Designs from the Free Generations section of the paper (Section 3) along with their statistics and pdb files can be found at free_generations_full.db and can be loaded using:

import pandas as pd; pd.read_sql('free_generations_full', 'sqlite:///free_generations_full.db')

Designs with wetlab validation (Section 2 and 3)

  • data.csv - Load scalar data in data.csv with pd.read_csv.
  • data.hdf5 For long-form data, download data.hdf5 from this link and load with pd.read_hdf.
# Design information
Design ID - {F,G}{0-267} unique identifier for each (LM or AlphaFold) design evaluated. 8 Nan values correspond to 8 ground truth sequences tested.
Experiment Name - Label for the testing pool to which the design / ground-truth sequence belongs. See Supplement; Section 1.6 for a full description of submitted sequences. These pools (minus ground-truth sequences) have experimental results shown in fig.

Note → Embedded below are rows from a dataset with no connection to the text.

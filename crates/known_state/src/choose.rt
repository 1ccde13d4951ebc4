ghost use Rattle.std.specs.Prelude.{◌≡◌, IsTrue, false};
ghost use Rattle.four_state.specs.declared.truth.Truth.{Truth as TruthValue};
ghost use Rattle.four_state.specs.Vector.{Vector};
ghost use Rattle.four_state.specs.Operators.{merge_bit, zip_bits, choice_value, choice_vector};
ghost use Rattle.known_state.specs.Partly.{allows, whole_of, is_whole, with_blame};
ghost use Rattle.known_state.specs.Agreed.{both_moved};
ghost use Rattle.known_state.specs.Choice.{chosen_of};
ghost use Rattle.known_state.specs.Answers.{IsTight, HaveSameShape};
ghost use Rattle.known_state.specs.Maybe.{allows_truth, allow_choice, choice_blame};

use crate::{Known, KnownTruth};
use four_state::{Bit, Four, Truth};

/// `c ? a : b` for a condition that is neither true nor false.
fn merged(a: &Known, b: &Known, blame: u32) -> Known
    requires { HaveSameShape a.now b.now }
    ensures { result ≡ with_blame (both_moved (zip_bits merge_bit) a.now.bits b.now.bits) a.now.signed blame }
{
    let zeros = Four::choose(Truth::Strange, &a.filled(Bit::Zero), &b.filled(Bit::Zero));
    let ones = Four::choose(Truth::Strange, &a.filled(Bit::One), &b.filled(Bit::One));
    Known::whole(zeros).narrowed(ones, blame)
}

/// `c ? a : b` for a condition that is whole.
fn chosen(truth: Truth, a: &Known, b: &Known) -> Known
    requires { HaveSameShape a.now b.now }
    ensures { result ≡ chosen_of truth a.now b.now }
{
    match truth {
        Truth::True => *a,
        Truth::False => *b,
        Truth::Strange => merged(a, b, Known::first_blame(a, b)),
    }
}

impl Known {
    /// `c ? a : b`, of operands with equal widths and signs. Where the condition is not sure the answer is what both
    /// sides and their merge have in common. A bit is sure exactly where it is the same for all that is allowed.
    pub fn choose(c: KnownTruth, a: &Known, b: &Known) -> Known
        requires { HaveSameShape a.now b.now }
        ensures sound { (t : TruthValue) (v w : Vector) → IsTrue (allows_truth c t) → IsTrue (allows a.now v) → IsTrue (allows b.now w) → IsTrue (allows result (choice_vector t v w)) }
        ensures tight { IsTight (allow_choice c a.now b.now) (λ p. choice_value p.0 p.1.bits p.2.bits) result.bits }
        ensures exact { (t : TruthValue) (v w : Vector) → c ≡ KnownTruth.Sure t → a.now ≡ whole_of v → b.now ≡ whole_of w → result ≡ whole_of (choice_vector t v w) }
        ensures blame { is_whole result ≡ false → result.blame ≡ choice_blame c a.now b.now }
    {
        match c {
            KnownTruth::Sure(truth) => chosen(truth, a, b),
            KnownTruth::Unsure(thing) => a.join(b, thing).join(&merged(a, b, thing), thing),
        }
    }
}
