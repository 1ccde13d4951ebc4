ghost use Rattle.std.specs.Prelude.{◌≡◌, ◌^◌, ◌<◌, ◌≤◌, length, map, replicate, if◌then◌else◌, false, true, Some, None};
ghost use Rattle.four_state.specs.Vector.{HasWidth};
ghost use Rattle.known_state.specs.Partly.{is_whole as is_whole_value, filled as filled_bits, filled_from as bits_filled_from, whole_of, with_blame};
ghost use Rattle.known_state.specs.Stored.{sure_bits, mask_of_sure};

use crate::mask::low_mask;
use four_state::{Bit, Four};
use std::marker::Model;

/// A vector of which some bits are sure and the others can have any value, with the thing to blame for those.
/// Contracts see it as its bits, each sure or not, its sign flag and its blame, and so as a test on vectors: those
/// that agree with its sure bits are allowed.
#[derive(Clone, Copy, PartialEq, Eq)]
pub struct Known {
    value: Four,
    sure: u128,
    blame: u32,
}

impl Model for Known {
    ghost use Rattle.known_state.specs.Partly.{Partly, filled as filled_zero};
    ghost use Rattle.four_state.specs.declared.bit.Bit.TheVariants.{Zero};
    ghost use Rattle.known_state.specs.Stored.{kept_as, mask_of_sure, mask_of_bits, IsKept};

    ghost Value = { Partly };

    ghost view = { λ k. kept_as k.value k.sure k.blame };

    ghost invariant = { λ k. IsKept k.value k.sure k.blame };

    ghost inverse = { λ v. record {
      value = record { bits = filled_zero Zero v.bits; signed = v.signed };
      sure = mask_of_sure v.bits;
      blame = v.blame;
    } };

    ghost inverse_ok = { λ k h i. record {
      value = record { bits = h.blank i; signed = k.value.signed };
      sure = mask_of_bits k.value.bits k.sure h.inside i;
      blame = k.blame;
    } };
}

/// Nothing is to blame where all bits are sure.
fn spared(whole: bool, blame: u32) -> u32
    ensures { result ≡ (if whole then 0 else blame) }
{
    if whole { 0 } else { blame }
}

impl Known {
    /// A vector of which every bit is sure.
    pub fn whole(value: Four) -> Known
        ensures { result ≡ whole_of value }
    {
        Known::kept(&value, low_mask(value.width()), 0)
    }

    /// A vector of which no bit is sure.
    pub fn unknown(width: u8, signed: bool, blame: u32) -> Known
        requires at_least { 1 ≤ width }
        requires at_most { width ≤ 128 }
        ensures { result ≡ record { bits = replicate width None; signed = signed; blame = blame } }
    {
        Known::kept(&Four::fill(width, signed, Bit::Zero), 0, blame)
    }

    /// The bits of a vector at the places of `sure`. Where these are all, nothing is to blame.
    pub(crate) fn kept(value: &Four, sure: u128, blame: u32) -> Known
        ensures { result ≡ with_blame (sure_bits value.now.bits sure) value.now.signed blame }
    {
        let all = low_mask(value.width());
        let sure = sure & all;
        Known {
            value: Four::make(
                value.width(),
                value.is_signed(),
                value.ones() & sure,
                value.strange() & sure,
            ),
            sure,
            blame: spared(sure == all, blame),
        }
    }

    /// How many bits there are.
    pub fn width(&self) -> u8
        ensures value { result ≡ length self.now.bits }
        ensures at_least { 1 ≤ length self.now.bits }
        ensures at_most { length self.now.bits ≤ 128 }
    {
        self.value.width()
    }

    /// Whether the vector is a number in two's complement.
    pub fn is_signed(&self) -> bool
        ensures { result ≡ self.now.signed }
    {
        self.value.is_signed()
    }

    /// The vector with 0 where it is not sure.
    pub fn value(&self) -> Four
        ensures value { result ≡ record { bits = filled_bits Bit.Zero self.now.bits; signed = self.now.signed } }
        ensures whole { is_whole_value self.now ≡ true → self.now ≡ whole_of result }
    {
        self.value
    }

    /// The mask of the bits that are sure.
    pub fn sure(&self) -> u128
        ensures { result ≡ mask_of_sure self.now.bits }
    {
        self.sure
    }

    /// The thing to blame for the bits that are not sure; 0 where all are sure.
    pub fn blame(&self) -> u32
        ensures value { result ≡ self.now.blame }
        ensures whole { is_whole_value self.now ≡ true → result ≡ 0 }
    {
        self.blame
    }

    /// Whether all bits are sure.
    pub fn is_whole(&self) -> bool
        ensures { result ≡ is_whole_value self.now }
    {
        self.sure == low_mask(self.value.width())
    }

    /// The vector with the bits of another one where it is not sure, and 0 past its end.
    pub(crate) fn filled_from(&self, other: &Four) -> Four
        ensures { result ≡ record { bits = bits_filled_from self.now.bits other.now.bits; signed = self.now.signed } }
    {
        let unsure = low_mask(self.value.width()) & !self.sure;
        Four::make(
            self.value.width(),
            self.value.is_signed(),
            self.value.ones() | other.ones() & unsure,
            self.value.strange() | other.strange() & unsure,
        )
    }

    /// The vector with this bit where it is not sure.
    pub(crate) fn filled(&self, bit: Bit) -> Four
        ensures { result ≡ record { bits = filled_bits bit self.now.bits; signed = self.now.signed } }
    {
        self.filled_from(&Four::fill(self.width(), false, bit))
    }
}
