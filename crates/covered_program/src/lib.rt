//! The program over the system: [`run`] is all that the main of a program crate does.
//!
//! It passes the words of the command line and the system to [`covered_cli::covered`], whose clauses say what it does, and ends with the status
//! that this gives. The crates `covered` and `covered_refusal` run it.
#![tactic(auto)]

ghost use Rattle.std.specs.Prelude.{◌≡◌, ◌↔◌};
ghost use Rattle.std.specs.IoError.{error_kind};

use cov_host::Words;
use covered_cli::{Status, covered};
use file_host::FileHost;
use std::env;
use std::io::{self, ErrorKind, Print};
use std::process::ExitCode;
use std::rt::Runtime;

/// Does what the words of the command line say, and ends with the status of that. Warnings go to the second stream.
pub fn run<R: Runtime + AllocGlobal, E: Print + Drop>(rt: R, warnings: E) -> ExitCode {
    let alloc = rt.alloc();
    let mut words = Words::new(alloc);
    let arguments = match env::args(&rt) {
        Ok(arguments) => arguments,
        Err(error) => return ExitCode::from(refused(&error).code()),
    };
    for argument in arguments.skip(1) {
        if words.push(argument.as_str()).is_err() {
            return ExitCode::from(Status::Memory.code());
        }
    }
    let mut host = FileHost::new(rt, warnings, alloc);
    ExitCode::from(covered(alloc, &words, &mut host).code())
}

/// How the program ends where its arguments cannot be read: one is not UTF-8, or there is no memory for them.
fn refused(error: &io::Error) -> Status
    ensures { (result ≡ Status.Memory) ↔ (error_kind error.now ≡ ErrorKind.OutOfMemory) }
{
    if error.kind() == ErrorKind::OutOfMemory {
        Status::Memory
    } else {
        Status::Files
    }
}
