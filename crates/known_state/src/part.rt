//! Extension, parts and concatenation (IEEE 1364-2001, clauses 4.1.14, 4.2.1 and 4.5.2). Bits are only moved, so a bit
//! is sure exactly where it is the same for all allowed values.

ghost use Rattle.std.specs.Prelude.{◌≡◌, ◌+◌, ◌≤◌, ◌++◌, neg_ℤ, length, IsTrue, false};
ghost use Rattle.four_state.specs.Vector.{Vector, extend as extended_bits};
ghost use Rattle.four_state.specs.Parts.{bits_from, bits_with, extended_vector, selected_vector, placed_vector, appended_vector};
ghost use Rattle.known_state.specs.Partly.{allows, whole_of, is_whole};
ghost use Rattle.known_state.specs.Answers.{IsTight, allow_both};
ghost use Rattle.known_state.specs.Join.{first_blame};

use crate::Known;
use four_state::{Bit, Four};

impl Known {
    /// The vector at another width: a wider one is filled by the top bit if the vector is signed and else by 0, and
    /// a narrower one is cut. The sign flag is the one that is handed in.
    pub fn extend(&self, width: u8, signed: bool) -> Known
        requires at_least { 1 ≤ width }
        requires at_most { width ≤ 128 }
        ensures sound { (v : Vector) → IsTrue (allows self.now v) → IsTrue (allows result (extended_vector width signed v)) }
        ensures tight { IsTight (allows self.now) (λ v. extended_bits width v.signed v.bits) result.bits }
        ensures exact { (v : Vector) → self.now ≡ whole_of v → result ≡ whole_of (extended_vector width signed v) }
        ensures blame { is_whole result ≡ false → result.blame ≡ self.now.blame }
    {
        let zeros = self.filled(Bit::Zero).extend(width, signed);
        let ones = self.filled(Bit::One).extend(width, signed);
        Known::whole(zeros).narrowed(ones, self.blame())
    }

    /// The unsigned vector of `width` bits from the offset `low` up. Bits outside read x.
    pub fn select(&self, low: i64, width: u8) -> Known
        requires at_least { 1 ≤ width }
        requires at_most { width ≤ 128 }
        ensures sound { (v : Vector) → IsTrue (allows self.now v) → IsTrue (allows result (selected_vector low width v)) }
        ensures tight { IsTight (allows self.now) (λ v. bits_from v.bits low width) result.bits }
        ensures exact { (v : Vector) → self.now ≡ whole_of v → result ≡ whole_of (selected_vector low width v) }
        ensures blame { is_whole result ≡ false → result.blame ≡ self.now.blame }
    {
        let zeros = self.filled(Bit::Zero).select(low, width);
        let ones = self.filled(Bit::One).select(low, width);
        Known::whole(zeros).narrowed(ones, self.blame())
    }

    /// The vector with the bits of `part` from the offset `low` up. Bits of the part that fall outside are dropped. The
    /// blame is that of the part where some bit of it is not sure, also where such a bit falls outside.
    pub fn place(&self, low: i64, part: &Known) -> Known
        ensures sound { (v w : Vector) → IsTrue (allows self.now v) → IsTrue (allows part.now w) → IsTrue (allows result (placed_vector low w v)) }
        ensures tight { IsTight (allow_both self.now part.now) (λ p. bits_with p.0.bits p.1.bits (neg_ℤ low)) result.bits }
        ensures exact { (v w : Vector) → self.now ≡ whole_of v → part.now ≡ whole_of w → result ≡ whole_of (placed_vector low w v) }
        ensures blame { is_whole result ≡ false → result.blame ≡ first_blame part.now self.now }
    {
        let zeros = self.filled(Bit::Zero).place(low, &part.filled(Bit::Zero));
        let ones = self.filled(Bit::One).place(low, &part.filled(Bit::One));
        Known::whole(zeros).narrowed(ones, Known::first_blame(part, self))
    }

    /// The unsigned concatenation of two vectors.
    pub fn append(high: &Known, low: &Known) -> Known
        requires { length high.now.bits + length low.now.bits ≤ 128 }
        ensures sound { (v w : Vector) → IsTrue (allows high.now v) → IsTrue (allows low.now w) → IsTrue (allows result (appended_vector v w)) }
        ensures tight { IsTight (allow_both high.now low.now) (λ p. p.1.bits ++ p.0.bits) result.bits }
        ensures exact { (v w : Vector) → high.now ≡ whole_of v → low.now ≡ whole_of w → result ≡ whole_of (appended_vector v w) }
        ensures blame { is_whole result ≡ false → result.blame ≡ first_blame high.now low.now }
    {
        let zeros = Four::append(&high.filled(Bit::Zero), &low.filled(Bit::Zero));
        let ones = Four::append(&high.filled(Bit::One), &low.filled(Bit::One));
        Known::whole(zeros).narrowed(ones, Known::first_blame(high, low))
    }
}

S11.
Design Model - 228x LM, 20x AlphaFold, 20x AF+ngram, 8x Ground Truth.
Target ID - PDB ID of de novo target for all fixed backbone designs, 'Generation' for all free generations.
Sequence - Designed sequence

# In Silico Evaluation
*AlphaFold predicted PDB file - Structure prediction from AlphaFold (5x pTM models, select best by pLDDT -> Amber Relax).
AlphaFold RMSD - (AlphaFold-predicted) RMSD to target backbone for fixed backbone designs, Nan for free generations
AlphaFold pLDDT - (AlphaFold-predicted) Avg pLDDT for the predicted structure

# Experimental Evaluation
# Results from experimental testing.  Final classifications are in the booleans: {Soluble, Success, Success+Monodisperse}.
Total Yield - Actual total soluble yield (in mg) from the 4x1mL prep. (Actual yield is closer to ~2x, we can only inject 1/2 of the total product onto the column.)
yield_per_Leq - Total Yield, adjusted to 1 L of culture equivalent
*Elution Volume (mL) - Array of x-values for plotting of the SEC trace.
*Chromatographic Absorbance at 280nm - Array of y-values for plotting of the SEC trace.
*Elution Volume (mL) (raw) - Raw version, data is not truncated, lengths may differ between rows.
*Chromatographic Absorbance at 280nm (raw) - Raw version, data is not truncated, lengths may differ between rows.
Soluble - Total Yield > 0.05 mg.
Success - Soluble and SEC peak at the expected elution volume.
Success+Monodisperse - SEC peak *only* at the expected elution volume.

# Jackhmmer results
# See Supplement, Section 1.5 for verbose details.
# In short: Summary statistics of Jackhmmer searches (-n 1 --seed 0) of the designed sequence against UniRef90.  Hits that were removed from ESM2's train set were removed from consideration here.  See `.txt` files for ID's of these omitted sequences.
min Jackhmmer E-value - Minimum (best-domain) E-value
max Jackhmmer Seq-id (significant hits only) - Maximum Sequence identity over all significant (best domain E-value < 1) hits.
max Jackhmmer TM-score (top-10 hits only) - Maximum TM-score of the ≈top-10 (by best-domain E-value) hits.  (Purging was applied after top-10, so the number considered may be slightly lower, counts were rarely reduced below 7).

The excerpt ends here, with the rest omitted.